WHAT YOU NEED TO DO » Track down every line below that holds "HasMark" and copy it.
[[ RECORDED DATA open ]]
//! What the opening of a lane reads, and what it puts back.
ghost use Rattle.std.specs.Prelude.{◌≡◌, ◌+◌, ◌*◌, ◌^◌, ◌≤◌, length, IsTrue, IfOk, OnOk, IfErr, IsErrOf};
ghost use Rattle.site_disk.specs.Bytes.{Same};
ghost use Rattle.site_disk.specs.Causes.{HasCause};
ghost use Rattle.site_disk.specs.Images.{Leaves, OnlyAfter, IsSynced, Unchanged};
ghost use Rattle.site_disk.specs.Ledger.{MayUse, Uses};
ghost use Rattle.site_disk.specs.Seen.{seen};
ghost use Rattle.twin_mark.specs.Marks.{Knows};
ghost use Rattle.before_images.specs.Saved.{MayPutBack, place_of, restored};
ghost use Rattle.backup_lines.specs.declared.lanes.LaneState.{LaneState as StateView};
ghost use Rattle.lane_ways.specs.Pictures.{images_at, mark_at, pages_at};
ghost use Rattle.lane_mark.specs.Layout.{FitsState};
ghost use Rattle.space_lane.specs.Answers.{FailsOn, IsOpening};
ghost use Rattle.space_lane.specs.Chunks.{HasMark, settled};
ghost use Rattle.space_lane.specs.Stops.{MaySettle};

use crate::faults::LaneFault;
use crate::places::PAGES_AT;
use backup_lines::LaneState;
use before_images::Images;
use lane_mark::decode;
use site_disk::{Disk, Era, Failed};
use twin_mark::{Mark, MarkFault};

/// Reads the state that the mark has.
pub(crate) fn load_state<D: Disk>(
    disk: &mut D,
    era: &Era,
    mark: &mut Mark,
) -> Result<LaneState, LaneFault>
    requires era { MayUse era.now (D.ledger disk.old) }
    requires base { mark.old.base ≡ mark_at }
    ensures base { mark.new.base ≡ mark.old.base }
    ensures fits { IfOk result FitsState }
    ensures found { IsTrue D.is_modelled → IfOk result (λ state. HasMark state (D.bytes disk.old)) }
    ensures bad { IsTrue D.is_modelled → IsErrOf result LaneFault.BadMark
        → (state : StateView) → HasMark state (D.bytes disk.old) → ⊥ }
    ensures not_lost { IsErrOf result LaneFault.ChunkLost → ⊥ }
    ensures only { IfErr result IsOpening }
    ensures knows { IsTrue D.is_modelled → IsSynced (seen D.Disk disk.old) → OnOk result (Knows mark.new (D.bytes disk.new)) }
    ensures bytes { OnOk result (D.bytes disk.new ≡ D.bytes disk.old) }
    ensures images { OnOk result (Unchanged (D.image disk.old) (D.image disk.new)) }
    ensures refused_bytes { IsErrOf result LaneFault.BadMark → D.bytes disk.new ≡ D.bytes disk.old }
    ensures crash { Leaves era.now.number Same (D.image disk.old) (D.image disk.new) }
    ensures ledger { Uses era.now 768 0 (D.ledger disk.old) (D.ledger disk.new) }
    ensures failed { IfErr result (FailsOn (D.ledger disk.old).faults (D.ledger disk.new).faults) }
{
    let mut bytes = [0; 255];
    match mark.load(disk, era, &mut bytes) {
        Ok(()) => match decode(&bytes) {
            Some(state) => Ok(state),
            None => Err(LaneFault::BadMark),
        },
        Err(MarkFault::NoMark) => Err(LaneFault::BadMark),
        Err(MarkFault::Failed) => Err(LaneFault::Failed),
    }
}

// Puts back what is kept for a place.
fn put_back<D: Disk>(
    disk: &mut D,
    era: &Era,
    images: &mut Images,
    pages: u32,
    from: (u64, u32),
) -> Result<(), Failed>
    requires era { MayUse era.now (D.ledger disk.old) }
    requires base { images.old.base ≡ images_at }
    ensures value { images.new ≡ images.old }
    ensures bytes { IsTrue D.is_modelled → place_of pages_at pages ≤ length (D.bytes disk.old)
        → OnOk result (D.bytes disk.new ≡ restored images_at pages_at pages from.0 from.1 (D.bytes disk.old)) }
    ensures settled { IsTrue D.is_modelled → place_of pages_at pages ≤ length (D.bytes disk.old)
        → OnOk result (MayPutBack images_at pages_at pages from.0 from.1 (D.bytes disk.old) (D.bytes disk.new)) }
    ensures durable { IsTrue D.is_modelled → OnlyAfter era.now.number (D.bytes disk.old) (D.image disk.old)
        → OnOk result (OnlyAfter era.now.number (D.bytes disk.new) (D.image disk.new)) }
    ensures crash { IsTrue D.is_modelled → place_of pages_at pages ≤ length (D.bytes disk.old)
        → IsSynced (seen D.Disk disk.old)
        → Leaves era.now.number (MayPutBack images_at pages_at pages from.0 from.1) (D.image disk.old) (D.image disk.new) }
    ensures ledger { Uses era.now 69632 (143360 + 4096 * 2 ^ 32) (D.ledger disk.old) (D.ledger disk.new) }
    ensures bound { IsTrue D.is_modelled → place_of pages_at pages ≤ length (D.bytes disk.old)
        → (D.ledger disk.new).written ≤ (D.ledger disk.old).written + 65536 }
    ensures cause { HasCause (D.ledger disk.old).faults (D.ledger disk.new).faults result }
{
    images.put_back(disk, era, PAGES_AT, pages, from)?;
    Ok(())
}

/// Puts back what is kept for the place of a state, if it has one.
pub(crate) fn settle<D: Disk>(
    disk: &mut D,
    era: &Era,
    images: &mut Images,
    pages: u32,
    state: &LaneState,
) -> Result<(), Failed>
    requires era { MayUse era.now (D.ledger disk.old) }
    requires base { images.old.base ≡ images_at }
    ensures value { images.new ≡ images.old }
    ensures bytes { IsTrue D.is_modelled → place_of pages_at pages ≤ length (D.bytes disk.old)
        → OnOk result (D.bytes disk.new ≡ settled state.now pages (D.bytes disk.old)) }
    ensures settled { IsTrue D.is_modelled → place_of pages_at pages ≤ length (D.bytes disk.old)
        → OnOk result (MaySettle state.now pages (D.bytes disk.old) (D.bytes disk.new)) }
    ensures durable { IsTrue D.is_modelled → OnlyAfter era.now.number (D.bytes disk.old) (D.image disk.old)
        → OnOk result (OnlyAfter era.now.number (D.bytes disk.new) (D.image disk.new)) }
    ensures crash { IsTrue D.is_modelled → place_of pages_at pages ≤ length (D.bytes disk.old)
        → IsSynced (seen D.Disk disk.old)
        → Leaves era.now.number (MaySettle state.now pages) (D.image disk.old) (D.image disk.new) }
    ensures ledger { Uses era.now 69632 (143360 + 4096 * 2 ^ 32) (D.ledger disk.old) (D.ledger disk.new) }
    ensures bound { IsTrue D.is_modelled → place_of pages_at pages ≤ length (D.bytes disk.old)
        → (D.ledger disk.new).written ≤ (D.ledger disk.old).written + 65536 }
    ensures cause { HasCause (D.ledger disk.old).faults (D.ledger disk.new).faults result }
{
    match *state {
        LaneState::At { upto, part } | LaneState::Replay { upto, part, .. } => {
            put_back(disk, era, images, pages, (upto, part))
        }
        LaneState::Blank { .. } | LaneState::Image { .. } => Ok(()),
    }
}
[[ RECORDED DATA closed ]]
OUTPUT FOR THIS EXERCISE »
ghost use Rattle.space_lane.specs.Chunks.{HasMark, settled};
    ensures found { IsTrue D.is_modelled → IfOk result (λ state. HasMark state (D.bytes disk.old)) }
        → (state : StateView) → HasMark state (D.bytes disk.old) → ⊥ }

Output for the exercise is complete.